“那……这一次,你的诱因是什么?”沈歆禾不自觉咬了下唇,“我想知道,究竟是什么地方刺激到你了,这样以后我才能规避。”
薛璟似是被沈歆禾问住了,表情不由得一怔。随着沈歆禾的问题,薛璟也开始在心内思考这个问题。
对啊,这一次的诱因,是什么呢?
上一次犯病都已经是两年前的事儿了,这么长时间以来他的病情一直都很稳定,甚至他越来越觉得自己跟正常人一样了。
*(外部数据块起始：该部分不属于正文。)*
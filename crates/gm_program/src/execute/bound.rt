// The feature that an identifier is bound to.
ghost use Rattle.std.specs.Prelude.{◌≡◌, Some, IfOk};
ghost use Rattle.std.specs.Option.{ForSome};
ghost use Rattle.gm_base.specs.Counter.{capped_sum};
ghost use Rattle.gm_engine_rows.specs.State.{State, type_at, feature_at};
ghost use Rattle.gm_feature.specs.Feature.{Fits};
ghost use Rattle.gm_program.specs.Step.{row_of_one};
ghost use Rattle.gm_program.specs.Store.{Types, Holds};

use gm_base::{FeatureId, NoMemory};
use gm_engine_rows::rows_are_of_features;
use gm_feature::{Feature, from_bytes};
use gm_keys::{id_key, keys_are_laid_out, prefixes_tell_indexes_apart};
use gm_table::Sorted;
use gm_types::FeatureType;
use std::alloc::Global;

/// The feature of this type that the identifier is bound to, by one look-up in the table.
pub(super) fn bound<B: Sorted>(
    alloc: Global,
    of: &FeatureType,
    id: &FeatureId,
    table: &B,
    tally: &mut B::Tally,
) -> Result<Option<Feature>, NoMemory>
    ensures held { (s : State) (types : Types) → Holds s types (B.rows table.now)
        → type_at of.now.number s ≡ Some of.now
        → IfOk result (λ held. held ≡ feature_at of.now.number id.now s) }
    ensures fits { IfOk result (λ held. ForSome held (Fits of.now)) }
    ensures tally { (s : State) (types : Types) → Holds s types (B.rows table.now)
        → type_at of.now.number s ≡ Some of.now
        → IfOk result (λ held. B.Tally.number tally.new
        ≡ capped_sum (B.Tally.number tally.old) (row_of_one held)) }
{
    rows_are_of_features();
    keys_are_laid_out();
    prefixes_tell_indexes_apart();
    let key = id_key(alloc, of, id)?;
    match table.get(&key, tally) {
        Some(bytes) => from_bytes(alloc, of, bytes),
        None => Ok(None),
    }
}
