// Cases of the nodes of trees.
ghost use Rattle.std.specs.Prelude.{◌≡◌, ◌<◌};

use crate::words;
use gm_base::NoMemory;
use gm_trees::{Node, Node3, Steps, Tree, XzTree, ZTree};
use std::alloc::Global;
use std::marker::Brand;
use std::sync::ledger::{Blank, Ledger};

/// The node at the end of a path in the tree of this name.
pub fn answer(alloc: Global, rest: &str) -> Result<String, NoMemory> {
    let (tree, path) = words::split(rest);
    let path = words::numbers(alloc, path)?;
    match tree {
        "z2_31" => flat::<_, Brand>(alloc, &ZTree::<2, 31>, &path, Blank::new(1)),
        "z3_21" => deep::<_, Brand>(alloc, &ZTree::<3, 21>, &path, Blank::new(1)),
        "xz2_4" => flat::<_, Brand>(alloc, &XzTree::<2, 4>, &path, Blank::new(1)),
        "xz3_12" => deep::<_, Brand>(alloc, &XzTree::<3, 12>, &path, Blank::new(1)),
        _ => words::text(alloc, "no such tree"),
    }
}

// The node at the end of a path of child numbers, as far as the tree goes.
fn flat<T: Tree<2>, L: Ledger>(
    alloc: Global,
    tree: &T,
    path: &[u32],
    blank: Blank,
) -> Result<String, NoMemory>
    requires name { blank.name ≡ L.name }
    requires parts { blank.parts ≡ L.parts }
    requires some { 0 < blank.parts }
    requires size { T.IsAllowed tree.now }
{
    let mut steps = Steps::<L>::new(blank);
    let mut node = tree.root();
    for q in path {
        if node.level < tree.depth() && *q < 4 {
            node = tree.child(&node, *q, &mut steps);
        }
    }
    print::<2, T>(alloc, tree, &node)
}

// The same in space and time.
fn deep<T: Tree<3>, L: Ledger>(
    alloc: Global,
    tree: &T,
    path: &[u32],
    blank: Blank,
) -> Result<String, NoMemory>
    requires name { blank.name ≡ L.name }
    requires parts { blank.parts ≡ L.parts }
    requires some { 0 < blank.parts }
    requires size { T.IsAllowed tree.now }
{
    let mut steps = Steps::<L>::new(blank);
    let mut node = tree.root();
    for q in path {
        if node.level < tree.depth() && *q < 8 {
            node = tree.child(&node, *q, &mut steps);
        }
    }
    print::<3, T>(alloc, tree, &node)
}

// The level of a node, its codes, its own code, and its reach.
fn print<const D: usize, T: Tree<D>>(
    alloc: Global,
    tree: &T,
    node: &Node,
) -> Result<String, NoMemory>
    requires { T.Comes tree.now node.now }
{
    let last = tree.last(node);
    let own = tree.own(node);
    let (low, high) = tree.reach(node);
    let low = cell::<D>(alloc, low)?;
    let high = cell::<D>(alloc, high)?;
    let codes = format!(in alloc; "level {}, {}-{last}, own {own:?}", node.level, node.first)?;
    Ok(format!(in alloc; "{codes}, reach {low}-{high}")?)
}

fn cell<const D: usize>(alloc: Global, cell: Node3) -> Result<String, NoMemory> {
    if D == 3 {
        return Ok(format!(in alloc; "{},{},{}", cell.x, cell.y, cell.t)?);
    }
    Ok(format!(in alloc; "{},{}", cell.x, cell.y)?)
}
这一次突然毫无预兆地发病,究竟是因为什么?
又或者说……并不是“毫无预兆”?
不知为何薛璟忽然不受控制地想起了那天汤灏调侃他的话,似乎也是从那天开始,许多在心里隐隐绰绰看不清晰的东西开始变得明晰,似是马上就要冲破最后一层屏障。
薛璟看向沈歆禾,目光一闪不闪地注视着她的脸。
他看见她会开心,看不见会想念。他是那么地喜欢安静,可意外地却喜欢听她说话,一点都不觉得她聒噪。他觉得自己心如止水,并不是因为他性格多独立,而是因为他的病,导致他对什么都不感兴趣,也鲜少能有什么人什么事会牵动他的情绪。可这条定律在面对沈歆禾时好像就全部都失效了。
她笑的时候他会开心,她难过的时候他也会觉得压抑。尤其当他们吵架的时候,哪怕他们之间仅仅只有过那一次的拌嘴,可现在想起来他还是会觉得异常难受。
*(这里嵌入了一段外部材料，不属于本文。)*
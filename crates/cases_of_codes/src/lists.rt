// Lists of windows to be split: all short ones of a small space, and some that are drawn by a fixed
// rule, so that each run has the same.
use crate::enumerated::{Shape, cell, nodes};
use gm_base::NoMemory;
use gm_trees::{Node3, Window};
use std::alloc::Global;

/// The first so many of these windows.
#[derive(Clone, Copy, Debug)]
pub struct List {
    pub windows: [Window; 3],
    pub count: usize,
}

// From one cell of the deepest level to another, by their paths.
fn between(shape: &Shape, low: u64, high: u64) -> Window {
    Window {
        low: cell(shape, shape.depth, low),
        high: cell(shape, shape.depth, high),
    }
}

// Whether its ends are in order.
fn has_cells(window: &Window) -> bool {
    window.low.x <= window.high.x && window.low.y <= window.high.y && window.low.t <= window.high.t
}

// All windows of a space.
fn all_windows(alloc: Global, shape: &Shape) -> Result<Vec<Window>, NoMemory> {
    let cells = nodes(shape, shape.depth);
    let mut windows = Vec::new(alloc);
    for low in 0..cells {
        for high in 0..cells {
            let window = between(shape, low, high);
            if has_cells(&window) {
                windows.push(window)?;
            }
        }
    }
    Ok(windows)
}

// Drawn numbers, by a multiplier of Knuth's. The lowest bits are left out, since they soon repeat.
#[derive(Drop)]
struct Draws(u64);

impl Draws {
    fn cell(&mut self, shape: &Shape) -> Node3 {
        self.0 = self
            .0
            .wrapping_mul(6_364_136_223_846_793_005)
            .wrapping_add(1_442_695_040_888_963_407);
        cell(shape, shape.depth, self.0 >> 40)
    }

    fn window(&mut self, shape: &Shape) -> Window {
        let one = self.cell(shape);
        let two = self.cell(shape);
        Window {
            low: Node3 {
                x: one.x.min(two.x),
                y: one.y.min(two.y),
                t: one.t.min(two.t),
            },
            high: Node3 {
                x: one.x.max(two.x),
                y: one.y.max(two.y),
                t: one.t.max(two.t),
            },
        }
    }
}

// The cell of the window that is nearest to this one.
fn nearest(window: &Window, cell: Node3) -> Node3 {
    Node3 {
        x: cell.x.max(window.low.x).min(window.high.x),
        y: cell.y.max(window.low.y).min(window.high.y),
        t: cell.t.max(window.low.t).min(window.high.t),
    }
}

// As wide a window that touches this one along x. It may be past the end of the space.
fn beside(window: &Window) -> Window {
    let wide = window.high.x.wrapping_sub(window.low.x).wrapping_add(1);
    let mut beside = *window;
    beside.low.x = window.low.x.wrapping_add(wide);
    beside.high.x = window.high.x.wrapping_add(wide);
    beside
}

// How many lists of one window, of two and of three are drawn.
const DRAWN: u32 = 30;

// Adds drawn lists. By turns the second window is drawn as the first is, lies in it, and touches
// it.
fn draw(shape: &Shape, lists: &mut Vec<List>) -> Result<(), NoMemory> {
    let mut draws = Draws(1);
    for number in 0..DRAWN {
        let first = draws.window(shape);
        let other = draws.window(shape);
        let inside = Window {
            low: nearest(&first, other.low),
            high: nearest(&first, other.high),
        };
        let second = match number % 3 {
            0 => other,
            1 => inside,
            _ => beside(&first),
        };
        let third = draws.window(shape);
        let all = [third, second, first];
        for (windows, count) in [([first; 3], 1), ([first, second, third], 2), (all, 3)] {
            lists.push(List { windows, count })?;
        }
    }
    Ok(())
}

/// No window, the whole space, all windows and all pairs of them where they are few, and drawn
/// lists.
pub fn lists_for(alloc: Global, shape: &Shape) -> Result<Vec<List>, NoMemory> {
    let whole = between(shape, 0, nodes(shape, shape.depth).saturating_sub(1));
    let mut lists = Vec::new(alloc);
    for count in 0..2 {
        lists.push(List {
            windows: [whole; 3],
            count,
        })?;
    }
    let bits = shape.dimensions.saturating_mul(shape.depth);
    if bits <= 6 {
        let windows = all_windows(alloc, shape)?;
        for one in &windows {
            lists.push(List {
                windows: [*one; 3],
                count: 1,
            })?;
            if bits <= 4 {
                add_pairs(one, &windows, &mut lists)?;
            }
        }
    }
    draw(shape, &mut lists)?;
    Ok(lists)
}

// Adds the lists of this window and each of the others.
fn add_pairs(one: &Window, windows: &[Window], lists: &mut Vec<List>) -> Result<(), NoMemory> {
    for two in windows {
        lists.push(List {
            windows: [*one, *two, *one],
            count: 2,
        })?;
    }
    Ok(())
}
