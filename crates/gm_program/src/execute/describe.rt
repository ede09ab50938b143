// `describe`
ghost use Rattle.std.specs.Prelude.{◌<◌, ◌^◌, ℕ, length, IfOk};
ghost use Rattle.gm_engine_rows.specs.State.{State};
ghost use Rattle.gm_table.specs.Sorted.{Rows};
ghost use Rattle.gm_program.specs.Serve.{Executes};
ghost use Rattle.gm_program.specs.Step.{describe_step};
ghost use Rattle.gm_program.specs.Store.{Holds};

use gm_base::NoMemory;
use gm_script::{Reply, describe as lines_of};
use gm_types::TypeList;
use std::alloc::Global;

/// Says what the type with this number is.
pub(super) fn describe(
    alloc: Global,
    type_number: u16,
    types: &TypeList,
) -> Result<Option<Reply>, NoMemory>
    requires { type_number < length types.now }
    ensures { (s : State) (rows : Rows) (tally : ℕ) → tally < 2 ^ 64 → Holds s types.now rows
        → IfOk result (λ reply. Executes
        (describe_step type_number s) reply types.now rows tally tally) }
{
    let lines = lines_of(alloc, &types.as_slice()[usize::from(type_number)])?;
    Ok(Some(Reply::Described(lines)))
}
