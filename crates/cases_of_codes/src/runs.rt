// Cases of sets of numbers.
use crate::words;
use gm_base::NoMemory;
use gm_runs::Runs;
use std::alloc::Global;

pub fn answer(alloc: Global, word: &str, rest: &str) -> Result<String, NoMemory> {
    match word {
        "runs" => runs(alloc, rest),
        "has" => has(alloc, rest),
        "many" => many(alloc, rest),
        _ => joined(alloc, rest),
    }
}

// The set of these spans, added in turn.
fn set(alloc: Global, spans: &str) -> Result<Runs, NoMemory> {
    let mut runs = Runs::new(alloc);
    for (low, high) in &words::spans(alloc, spans)? {
        if low <= high {
            runs.insert(alloc, *low, *high)?;
        }
    }
    Ok(runs)
}

fn runs(alloc: Global, spans: &str) -> Result<String, NoMemory> {
    print(alloc, &set(alloc, spans)?)
}

/// How many runs there are, and each of them; of more than eight the first and the last.
pub fn print(alloc: Global, runs: &Runs) -> Result<String, NoMemory> {
    let count = runs.count();
    let mut text = format!(in alloc; "{count} runs:")?;
    if count <= 8 {
        for i in 0..count {
            let (low, high) = runs.at(i);
            let run = format!(in alloc; " {low}-{high}")?;
            text.push_str(run.as_str())?;
        }
        return Ok(text);
    }
    let (low, high) = runs.at(0);
    let (from, to) = runs.at(count - 1);
    Ok(format!(in alloc; "{count} runs from {low}-{high} to {from}-{to}")?)
}

// Whether the set of the spans behind it has a number.
fn has(alloc: Global, rest: &str) -> Result<String, NoMemory> {
    let (number, spans) = words::split(rest);
    let runs = set(alloc, spans)?;
    match number.parse::<u64>() {
        Ok(number) => Ok(format!(in alloc; "{}", runs.contains(number))?),
        Err(_) => words::text(alloc, "no number"),
    }
}

// So many runs of two numbers each, with one left out between.
fn apart(alloc: Global, count: u64) -> Result<Runs, NoMemory> {
    let mut runs = Runs::new(alloc);
    for i in 0..count {
        let low = i.saturating_mul(3);
        runs.insert(alloc, low, low.saturating_add(1))?;
    }
    Ok(runs)
}

fn many(alloc: Global, count: &str) -> Result<String, NoMemory> {
    match count.parse::<u64>() {
        Ok(count) => print(alloc, &apart(alloc, count)?),
        Err(_) => words::text(alloc, "no number"),
    }
}

// The same, and the numbers that were left out besides, the last of them first.
fn joined(alloc: Global, count: &str) -> Result<String, NoMemory> {
    match count.parse::<u64>() {
        Ok(count) => {
            let mut runs = apart(alloc, count)?;
            for i in 0..count {
                let number = (count - i).saturating_mul(3) - 1;
                runs.insert(alloc, number, number)?;
            }
            print(alloc, &runs)
        }
        Err(_) => words::text(alloc, "no number"),
    }
}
就好像有一只大手紧紧抓着他的心脏使劲儿捏一样,痛得不能呼吸。
而她问促使他发病的诱因是什么……
诱因……
他开始回想那天的点点滴滴,究竟是从什么时候开始他的情绪全线崩溃了呢?
对了,是那个刘不凡出现的时候。
他很少会第一眼就讨厌一个人,但刘不凡绝对算是一个。而现在仔细梳理自己的心绪,他发现他讨厌他跟他这个人没关系,而跟沈歆禾有关系。他不喜欢沈歆禾跟他那样亲密,不喜欢沈歆禾对他笑,更不愿意看到他们亲密无间的样子。
他反感所有比他跟沈歆禾还要亲密的人,尤其是男人。
他记得自己情绪彻底失控是在看见刘不凡伸手摸沈歆禾的头的时候。尽管他不懂得男女情爱,也从没有过一丁点这方面的经验,但这并不代表他是个蠢货。
没吃过猪肉,总归见过猪跑。正常男性女性朋友之间是不应该有这个动作的。摸头,是一种带有暧昧意味的界限性动作,是一个人想要独占另一个人的信号。
那时他并不知道刘不凡的性取向不是女人,他只是看见了他的动作便大脑一片空白。
他只知道,这个人,要把沈歆禾从他身边抢走了。